Task instructions: Word for word, restate the entries that follow.

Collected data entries
[Start of Attachment]

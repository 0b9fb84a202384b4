//! Thin adapters over the readers and writers of the standard library.
ghost use Rattle.std.specs.Prelude.{◌≡◌, ◌≤◌};
ghost use Rattle.mal_io.specs.{Held.{device, device_faults}, Moves.{PutsAs, TakesAs}};

use crate::device::{Failed, Sink, Source};
use std::io::{self, Read, Write};

/// A reader or a writer of std, with the count of its faults.
#[derive(Drop)]
pub struct Counted<D> {
    inner: D,
    faults: u64,
}

impl<D> Counted<D> {
    /// This reader or writer, which has not failed yet.
    pub fn new(inner: D) -> Self
        ensures inner { device result ≡ inner }
        ensures faults { device_faults result ≡ 0 }
    {
        Counted { inner, faults: 0 }
    }
}

/// A source over a reader. Each error of the reader is a fault, and nothing else is one. Interrupted is not tried
/// again: what the contract says of a failure is the same for each cause.
pub type StdSource<R> = Counted<R>;

impl<R: Read> Source for StdSource<R> {
    ghost left = { λ s. R.remaining (device s) };

    ghost faults = { device_faults };

    fn take(&mut self, into: &mut [u8]) -> Result<usize, Failed> {
        let answer = self.inner.read(into);
        as_reader(answer, &mut self.faults)
    }
}

/// A sink over a writer. Each error of the writer is a fault, and so is a call that takes nothing of
/// a piece that is not empty. Nothing else is one.
pub type StdSink<W> = Counted<W>;

impl<W: Write> Sink for StdSink<W> {
    ghost got = { λ s. W.contents (device s) };

    ghost faults = { device_faults };

    fn put(&mut self, bytes: &[u8]) -> Result<usize, Failed> {
        let answer = self.inner.write(bytes);
        as_writer(answer, bytes, &mut self.faults)
    }
}

/// What a source answers whose reader answered so: as many bytes, or a fault exactly where the reader failed, which is
/// counted once.
fn as_reader(answer: io::Result<usize>, faults: &mut u64) -> Result<usize, Failed>
    ensures answer { TakesAs answer result faults.old faults.new }
    ensures later { faults.old ≤ faults.new }
{
    match answer {
        Ok(count) => Ok(count),
        Err(_) => {
            *faults = faults.saturating_add(1);
            Err(Failed)
        }
    }
}

/// What a sink answers whose writer answered so with a piece: as many bytes, or a fault exactly where the writer failed
/// or took nothing of a piece that is not empty, which is counted once.
fn as_writer(answer: io::Result<usize>, piece: &[u8], faults: &mut u64) -> Result<usize, Failed>
    ensures answer { PutsAs answer result piece.now faults.old faults.new }
    ensures later { faults.old ≤ faults.new }
{
    match answer {
        Ok(count) if count > 0 || piece.is_empty() => Ok(count),
        _ => {
            *faults = faults.saturating_add(1);
            Err(Failed)
        }
    }
}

[End of Attachment]

Answer to this task:
repository 0b9fb84a202384b4
//! Thin adapters over the readers and writers of the standard library.
ghost use Rattle.std.specs.Prelude.{◌≡◌, ◌≤◌};
ghost use Rattle.mal_io.specs.{Held.{device, device_faults}, Moves.{PutsAs, TakesAs}};

use crate::device::{Failed, Sink, Source};
use std::io::{self, Read, Write};

/// A reader or a writer of std, with the count of its faults.
#[derive(Drop)]
pub struct Counted<D> {
    inner: D,
    faults: u64,
}

impl<D> Counted<D> {
    /// This reader or writer, which has not failed yet.
    pub fn new(inner: D) -> Self
        ensures inner { device result ≡ inner }
        ensures faults { device_faults result ≡ 0 }
    {
        Counted { inner, faults: 0 }
    }
}

/// A source over a reader. Each error of the reader is a fault, and nothing else is one. Interrupted is not tried
/// again: what the contract says of a failure is the same for each cause.
pub type StdSource<R> = Counted<R>;

impl<R: Read> Source for StdSource<R> {
    ghost left = { λ s. R.remaining (device s) };

    ghost faults = { device_faults };

    fn take(&mut self, into: &mut [u8]) -> Result<usize, Failed> {
        let answer = self.inner.read(into);
        as_reader(answer, &mut self.faults)
    }
}

/// A sink over a writer. Each error of the writer is a fault, and so is a call that takes nothing of
/// a piece that is not empty. Nothing else is one.
pub type StdSink<W> = Counted<W>;

impl<W: Write> Sink for StdSink<W> {
    ghost got = { λ s. W.contents (device s) };

    ghost faults = { device_faults };

    fn put(&mut self, bytes: &[u8]) -> Result<usize, Failed> {
        let answer = self.inner.write(bytes);
        as_writer(answer, bytes, &mut self.faults)
    }
}

/// What a source answers whose reader answered so: as many bytes, or a fault exactly where the reader failed, which is
/// counted once.
fn as_reader(answer: io::Result<usize>, faults: &mut u64) -> Result<usize, Failed>
    ensures answer { TakesAs answer result faults.old faults.new }
    ensures later { faults.old ≤ faults.new }
{
    match answer {
        Ok(count) => Ok(count),
        Err(_) => {
            *faults = faults.saturating_add(1);
            Err(Failed)
        }
    }
}

/// What a sink answers whose writer answered so with a piece: as many bytes, or a fault exactly where the writer failed
/// or took nothing of a piece that is not empty, which is counted once.
fn as_writer(answer: io::Result<usize>, piece: &[u8], faults: &mut u64) -> Result<usize, Failed>
    ensures answer { PutsAs answer result piece.now faults.old faults.new }
    ensures later { faults.old ≤ faults.new }
{
    match answer {
        Ok(count) if count > 0 || piece.is_empty() => Ok(count),
        _ => {
            *faults = faults.saturating_add(1);
            Err(Failed)
        }
    }
}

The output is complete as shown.